Die Revision ist tatsächlich nicht zugelassen. Das LG sagt deutlich:
"Es handelt sich um eine Einzelfallentscheidung
in einer Sonderkonstellation."
Von einem Grundsatzurteil kann also in keinster Weise die Rede sein. Im
Gegenteil:
Wir haben ein offensichtliches (!) Fehlurteil des Amtsgerichtes. Denn das
Urteil des Amtsgerichtes geht weit über das hinaus, was der Kläger
verlangt hat, das Amtsgericht untersagt jegliches (!) Logging, also auch
die Protokollierung, welche Dateien überhaupt aufgerufen werden. Es
untersagt auch die Protokollierung, ob ein Zugriff erfolgreich war oder
ein Fehler (z.B. 404) aufgetreten ist.
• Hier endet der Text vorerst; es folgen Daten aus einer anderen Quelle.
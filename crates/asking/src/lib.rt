// The requests of a load. Document 02, (d).
#![tactic(auto)]

ghost use Rattle.std.specs.Prelude.{◌≡◌, true, ◌≤◌, length, take};
ghost use Rattle.io.specs.Counts.{IsPrefixLen};
ghost use Rattle.definitions.specs.Limits.{nodes};
ghost use Rattle.definitions.specs.Order.{in_order};
ghost use Rattle.asking.specs.Asking.{clients, load_of, asked};

use table::{AccountTable, Table, tree};

// Puts the clients of a table by rising number at the start of a list, and answers how many there are.
// Kept: what may not change needs it: any list that is long enough is lent, and what stands in it afterwards is promised.
#[tactic(auto, using(crate::proofs::Listing::listing))]
pub fn list_clients(table: &AccountTable, list: &mut [u64]) -> usize
    requires { nodes ≤ length list.old }
    ensures count { IsPrefixLen result list.new }
    ensures clients { take result list.new ≡ clients table.now }
{
    let mut count = 0;
    for k in 0..Table::NODES {
        if tree::is_client(table, k) {
            list[count] = k as u64;
            count += 1;
        }
    }
    count
}

// Makes a load's next request, where its tree has clients, and answers the state of the draws after it. The table is known to be in
// order, and the askers are its clients.
// Kept: an `order::Ordered` is no plainer here, since a writer would end the type's promise at its first write.
pub fn ask(table: &mut AccountTable, askers: &[u64], state: u32) -> u32
    requires { (in_order table.old ≡ true) × (askers.now ≡ clients table.old) }
    ensures { load_of table.new result ≡ asked (load_of table.old state) }
{
    if askers.is_empty() {
        return state;
    }
    let first = draws::next_state(state);
    let second = draws::next_state(first);
    let third = draws::next_state(second);
    let client = askers[draws::upper(first) as usize % askers.len()];
    let depth = Table::natural(table, client as usize, Table::DEPTH);
    let size = draws::upper(second) % depth + 1;
    let tag = numbers::whole(draws::upper(third));
    requesting::request_in_order(table, client as usize, tag, size);
    third
}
Das ist schlicht so lächerlich,
dass selbst der Kläger keine Einwände gegen eine entsprechende
Abänderung des Urteils hatte.
Das BMJ als Beklagte hat selbst zugestimmt, dass keine IP-Adressen mehr
protokolliert werden. Daher hat das LG darüber auch gar nicht mehr
entschieden.
Daher ist Olaf vollkommen zuzustimmen:
"Wenn die Entscheidung eines Amtsgerichts von Prozessbeteiligten
wider besseren Wissens vor der Presse ziu einem 'Grundsatzurteil'
hochgejazzt wird, ist der Gedanke an eine politische Agenda
nunmal näher als eine Diskussion auf der Sachebene."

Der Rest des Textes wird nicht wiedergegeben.